Thank you for bringing him back to us.

‘You’re welcome,’ Evie replied, and wondered if she would ever feel the same. Whether, perhaps, there was a future in which she might finally try to find her birth parents.

‘Ms Edwards, I know that you are currently employed, but we have a few openings in Iondorra that might interest you.’

Evie couldn’t help but smile. Ever since she’d first come to Iondorra she’d been taken by the beauty of it. In her mind, somehow, it had become a country from her very own fairy tale. But the last few days had rocked her sense of self a little and she knew that she needed to regroup.

Mateo really had been wrong. It wasn’t that she had been so desperate for the scraps that Iondorra had thrown her way. What had been driving her was her desire to know the past. Only, Evie was beginning to suspect it wasn’t Isabella’s past she wanted to know, but her own.

‘I’m sure they would interest me, very much. But I think I need some time to think through my next steps,’ she replied.

‘Of course. Please know that if you would like to take that time here in Callier, we will provide a suite for you and open a line of credit for you too.’

‘That is too kind, Your Majesty.’

‘No. It really isn’t. I am deeply sorry for how you were treated by your peers and regret very much that the palace wasn’t—and isn’t—able to change that. Yet.’

Evie held the gaze of a queen and accepted an apology that was her due. ‘Thank you.’

Mateo had intended to return home. He had. He’d arranged for his car to be waiting for him when he landed and there it was on the runway, waiting for him to drive it the short distance to his villa.

He’d blocked out two days for the rescheduled meeting with Léi Chen, but this time it was Chen who’d had to cancel due to a family emergency. So, he’d got in his car and started to drive.

He was nearly three hours in when he realised his unconscious destination. He both wanted it and feared it. Feared it because of the emotions coursing through his veins. His heart hadn’t beat normally since Evie had disembarked from the plane. Who was he kidding? It’d practically been arrhythmic since he’d first met her. An hour later and the muscle memory that had brought him here a thousand times had him turning off at the junction for Almería and he stopped fighting the fact that he was going to see his mother.

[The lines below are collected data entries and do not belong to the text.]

//! A journal that is written from its end, and whose steps can be struck.
ghost use Rattle.std.specs.Prelude.{◌≡◌, ◌+◌, ◌-◌, ◌^◌, ◌<◌, ◌≤◌, ◌↔◌, ℕ, [], ◌∷◌, ◌++◌, length, filter, nat_eq, not, IsTrue, is_some, IsSome, IfSome, option_copied, OnOk, OnErr, IsOk};
ghost use Rattle.std.specs.FinSet as set;
ghost use Rattle.stab_journal.specs.Event.{IsEvent, label_of, weigh, weight_of};
ghost use Rattle.stab_journal.specs.Journal.{AreSurvivors, event_at, IsLive, IsValid, step_at, survivors};
ghost use Rattle.stab_journal.specs.Own.{own, own_at};
ghost use Rattle.stab_journal.specs.View.{entry_with};

use crate::entry::Entry;
use crate::event::{Event, Label, What};
use crate::readers::{Own, Survivors};
use stab_base::{NoMemory, Seq};
use std::alloc::Global;
use std::marker::Model;

/// The events of a run in order. Steps that were undone stay in it and are struck.
#[derive(Drop)]
pub struct History {
    entries: Vec<Entry>,
    weight: u64,
}

impl Model for History {
    ghost use Rattle.stab_journal.specs.contracts.event.Event as events;
    ghost use Rattle.stab_journal.specs.Journal.{Journal, journal_code};

    ghost Value = { Journal };

    ghost coded = { journal_code events.the_row.coded };

    ghost use Rattle.stab_journal.specs.View.{journal_of, IsKept};

    ghost view = { journal_of };

    ghost invariant = { IsKept };
}

impl History {
    /// A journal without events. It takes no memory yet.
    pub fn new(alloc: Global) -> Self
        ensures events { result.events ≡ [] }
        ensures struck { result.struck ≡ set.empty }
    {
        History {
            entries: Vec::new(alloc),
            weight: 0,
        }
    }

    /// Makes room for `n` more events, so that they can be pushed without memory. A journal has room for
    /// 4,294,967,294 events at most.
    pub fn reserve(&mut self, n: u64) -> Result<(), NoMemory>
        requires { length self.old.events + n ≤ 4294967294 }
        ensures ok { OnOk result (n ≤ self.new.spare) }
        ensures enough { n ≤ self.old.spare → IsOk result }
        ensures rest { self.new ≡ record self.old { spare = self.new.spare } }
        ensures no_less { self.old.spare ≤ self.new.spare }
        ensures err { OnErr result (self.new ≡ self.old) }
    {
        self.entries.reserve(n as usize).map_err(|_| NoMemory)
    }

    /// How many events there are, struck steps included.
    pub fn len(&self) -> u64
        ensures len { result ≡ length self.now.events }
        ensures valid { IsValid self.now }
        ensures survivors { AreSurvivors self.now (survivors self.now) }
    {
        self.entries.len() as u64
    }

    /// What the events weigh, struck steps included. No event weighs less than 1.
    pub fn weight(&self) -> u64
        ensures weight { result ≡ weight_of self.now.events }
        ensures valid { IsValid self.now }
    {
        self.weight
    }

    /// The event with a number.
    pub fn get(&self, q: Seq) -> Option<Event>
        ensures within { IsSome result ↔ ((1 ≤ q.0) × (q.0 ≤ length self.now.events)) }
        ensures event { result ≡ event_at self.now.events q.0 }
        ensures in_range { IfSome result (IsEvent q.0) }
    {
        let entry = entry_at(&self.entries, q)?;
        Some(entry.event())
    }

    /// The steps that weren't struck, in order, read in place.
    pub fn survivors(&self) -> Survivors<'_>
        ensures { result ≡ survivors self.now }
    {
        Survivors {
            entries: &self.entries,
            passed: 0,
        }
    }

    /// The events that a worker made, in order, struck steps included, read in place.
    pub fn own(&self, worker: u32) -> Own<'_>
        ensures { result ≡ own worker self.now.events }
    {
        Own {
            worker,
            entries: &self.entries,
            passed: 0,
        }
    }

    /// Whether a number is that of a step that wasn't struck.
    pub fn is_live(&self, q: Seq) -> bool
        ensures { IsTrue result ↔ IsLive self.now q.0 }
    {
        match entry_at(&self.entries, q) {
            Some(entry) => is_step(entry.what()) && !entry.is_struck(),
            None => false,
        }
    }

    /// Adds an event at the end. Returns its number.
    pub fn push(&mut self, event: Event) -> Seq
        requires spare { 1 ≤ self.old.spare }
        requires weight { weight_of self.old.events + weigh event.what < 2 ^ 64 }
        requires in_range { IsEvent (length self.old.events + 1) event }
        ensures number { result.0 ≡ length self.old.events + 1 }
        ensures after { self.new
            ≡ record self.old { events = self.old.events ++ event ∷ []; spare = self.old.spare - 1 } }
        ensures survivors { survivors self.new ≡ survivors self.old ++ step_at result.0 event.what }
        ensures weighs { weight_of self.new.events ≡ weight_of self.old.events + weigh event.what }
        ensures own { (w : ℕ) → own w self.new.events
            ≡ own w self.old.events ++ own_at w result.0 event }
    {
        self.weight += weight_of_event(&event);
        self.entries.push_reserved(Entry::new(event));
        Seq(self.entries.len() as u64)
    }

    /// Strikes a step that was undone. It keeps its place and its number.
    pub fn strike(&mut self, q: Seq)
        requires { IsLive self.old q.0 }
        ensures after { self.new ≡ record self.old { struck = set.insert self.old.struck q.0 } }
        ensures survivors { survivors self.new
            ≡ filter (λ n. not (nat_eq n.seq.0 q.0)) (survivors self.old) }
    {
        let entry = &mut self.entries[(q.0 - 1) as usize];
        entry.strike();
    }
}

fn entry_at(entries: &[Entry], q: Seq) -> Option<&Entry>
    ensures { option_copied result ≡ entry_with entries.now q.0 }
{
    let index = q.0.checked_sub(1)?;
    entries.get(index as usize)
}

fn is_step(what: What) -> bool
    ensures { result ≡ is_some (label_of what) }
{
    matches!(what, What::Step(_))
}

fn weight_of_event(event: &Event) -> u64
    ensures { result ≡ weigh event.now.what }
{
    match event.what {
        What::Step(Label::Local(_, n)) => u64::from(n),
        _ => 1,
    }
}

She was standing in the doorway, wiping her hands on a cloth when he pulled into the parking bay in front of her villa. He wondered for a moment if she’d somehow known he was coming, an instinct he previously would have dismissed, but after everything he’d seen, everything he’d discovered, he really wasn’t that sure any more.

He exited the car and she opened her arms, and for the first time in what felt like forever he let his mother embrace him like a child. He was shamed by the anger and frustration that escaped from the box he’d tried to stuff them in, through the tears that pressed desperately against his eyelids, and he tried to pull away to hide them, but his mother held on tight, refusing to let go. And finally, he gave up the fight and sank into his mother’s arms.

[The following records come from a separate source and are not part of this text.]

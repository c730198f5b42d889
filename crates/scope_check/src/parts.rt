//! The places of the parts of each form.
ghost use Rattle.std.specs.Prelude.{◌≡◌, ◌<◌, ◌^◌, [], length, IfOk, IfErr};
ghost use Rattle.scope_check.specs.Places.{part_lists as parts_of_each};

use crate::fault::ScopeFault;
use stab_code::{NodeId, PartLists};
use stab_parse::FormNode;
use std::alloc::Global;

/// The parts of the forms of a list, in which each form comes directly after its parts, as numbers in that list.
pub(crate) fn part_lists(alloc: Global, forms: &[FormNode]) -> Result<PartLists, ScopeFault>
    requires { length forms.now < 2 ^ 32 }
    ensures lists { IfOk result (λ lists. lists ≡ parts_of_each 0 [] forms.now) }
    ensures fault { IfErr result (λ fault. fault ≡ ScopeFault.NoMemory) }
{
    let mut lists = PartLists::with_capacity(alloc, forms.len(), forms.len())?;
    let mut whole: Vec<NodeId> = Vec::new(alloc);
    for (i, form) in forms.iter().enumerate() {
        let first = whole.len().saturating_sub(form.parts);
        lists.push(&whole[first..])?;
        whole.truncate(first);
        whole.push(NodeId(i as u32))?;
    }
    Ok(lists)
}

An hour later he was in the kitchen with a coffee and a plate full of crumbs, his mother refusing to hear a word until he’d eaten the sandwich he’d denied needing but had consumed in less than thirty seconds.

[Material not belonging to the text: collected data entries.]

//! The numbers of texts and variables.
ghost use Rattle.std.specs.Prelude.{◌≡◌, ◌≤◌, [], Ok, Err, IfOk, IfErr, OnOk, length, ◌+◌, ◌<◌, ◌^◌};
ghost use Rattle.scope_check.specs.Progress.{IsFaultOf, KeepsHeadsAndSeen, met_of, seen_of, texts_of};
ghost use Rattle.scope_check.specs.Scope.{let_numbered, slot_found, text_numbered};
ghost use Rattle.scope_check.specs.Names.{slot_of};
ghost use Rattle.scope_check.specs.Seen.{params_seen};

use crate::fault::ScopeFault;
use crate::names::{unknown, written};
use crate::progress::Progress;
use crate::seen::Variable;
use indexmap::IndexSet;
use stab_base::TextId;
use stab_code::Slots;
use stab_parse::{Param, Span};
use std::alloc::Global;

/// The lets of a function.
const MAX_LETS: usize = 200;

/// The texts of a program.
const MAX_TEXTS: usize = 1000;

impl Progress {
    /// Nothing yet, with room for this many heads.
    pub(crate) fn with_room(alloc: Global, heads: usize) -> Result<Progress, ScopeFault>
        ensures heads { IfOk result (λ progress. progress.heads.items ≡ []) }
        ensures texts { IfOk result (λ progress. texts_of progress ≡ []) }
        ensures fault { IfErr result (λ fault. fault ≡ ScopeFault.NoMemory) }
    {
        let heads = Vec::with_capacity(alloc, heads)?;
        Ok(Progress {
            heads,
            texts: IndexSet::new(alloc),
            seen: Vec::new(alloc),
            lets: 0,
            nones: Slots::new(alloc, Vec::new(alloc))?,
        })
    }

    /// Begins a function with these parameters.
    pub(crate) fn begin(&mut self, params: &[Param]) -> Result<(), ScopeFault>
        requires { length params.now < 2 ^ 32 }
        ensures seen { OnOk result (seen_of self.new ≡ params_seen 0 params.now []) }
        ensures lets { OnOk result (self.new.lets ≡ 0) }
        ensures heads { OnOk result (self.new.heads.items ≡ self.old.heads.items) }
        ensures texts { OnOk result (texts_of self.new ≡ texts_of self.old) }
        ensures fault { IfErr result (λ fault. fault ≡ ScopeFault.NoMemory) }
    {
        self.lets = 0;
        self.seen.clear();
        for (i, param) in params.iter().enumerate() {
            self.seen.push(Variable {
                name: param.name,
                slot: i as u32,
            })?;
        }
        Ok(())
    }

    /// The slot of a variable.
    #[inline(never)]
    pub(crate) fn slot(&self, bytes: &[u8], name: Span) -> Result<u32, ScopeFault>
        ensures { result ≡ slot_found name (slot_of bytes.now (seen_of self.now) name) }
    {
        let sought = written(bytes, name);
        for i in (0..self.seen.len()).rev() {
            if written(bytes, self.seen[i].name) == sought {
                return Ok(self.seen[i].slot);
            }
        }
        Err(unknown(name))
    }

    /// The number of a text that is written there, which is a new one where it comes first.
    pub(crate) fn number_text(&mut self, span: Span, text: Vec<u8>) -> Result<TextId, ScopeFault>
        ensures lets { OnOk result (self.new.lets ≡ self.old.lets) }
        ensures number { IfOk result (λ number. text_numbered span text.items (texts_of self.old) ≡ Ok (number.0, texts_of self.new)) }
        ensures others { OnOk result (KeepsHeadsAndSeen self.old self.new) }
        ensures fault { IfErr result (IsFaultOf (text_numbered span text.items (texts_of self.old))) }
    {
        if let Some(number) = self.texts.get_index_of(text.as_slice()) {
            return Ok(TextId(number as u32));
        }
        let number = self.texts.len();
        if number >= MAX_TEXTS {
            return Err(ScopeFault::TooMany(span.start));
        }
        self.texts.insert(text)?;
        Ok(TextId(number as u32))
    }

    /// The variable of one let more, in a function that takes this many arguments.
    pub(crate) fn number_let(&mut self, arity: u32, name: Span) -> Result<Variable, ScopeFault>
        requires { arity ≤ 8 }
        ensures variable { IfOk result (λ variable. let_numbered arity name (met_of self.old) ≡ Ok (variable, met_of self.new)) }
        ensures others { OnOk result (KeepsHeadsAndSeen self.old self.new) }
        ensures fault { IfErr result (λ fault. let_numbered arity name (met_of self.old) ≡ Err fault) }
    {
        if self.lets >= MAX_LETS {
            return Err(ScopeFault::TooMany(name.start));
        }
        let slot = arity + self.lets as u32;
        self.lets += 1;
        Ok(Variable { name, slot })
    }
}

She looked at him knowingly and he smiled. For a moment it had reminded him of Evie. And then the knife twisted again.

‘Speak and don’t leave anything out.’

He didn’t know where to start...there were things he’d have liked to leave out—the hurtful words he’d delivered, embarrassment and shame hot, crawling things with spikes that sank into his skin—but his mother also deserved to know that her husband’s theories had not been pure fantasy, but reality.

He started at the beginning and took the slaps to the back of his head with grace, knowing they were delivered by a mother who had raised her son better than that.

There was a wistful smile on his mother’s face when he finished.

‘That would have meant so much to your father. That you and she were the ones to find the treasure and the proof.’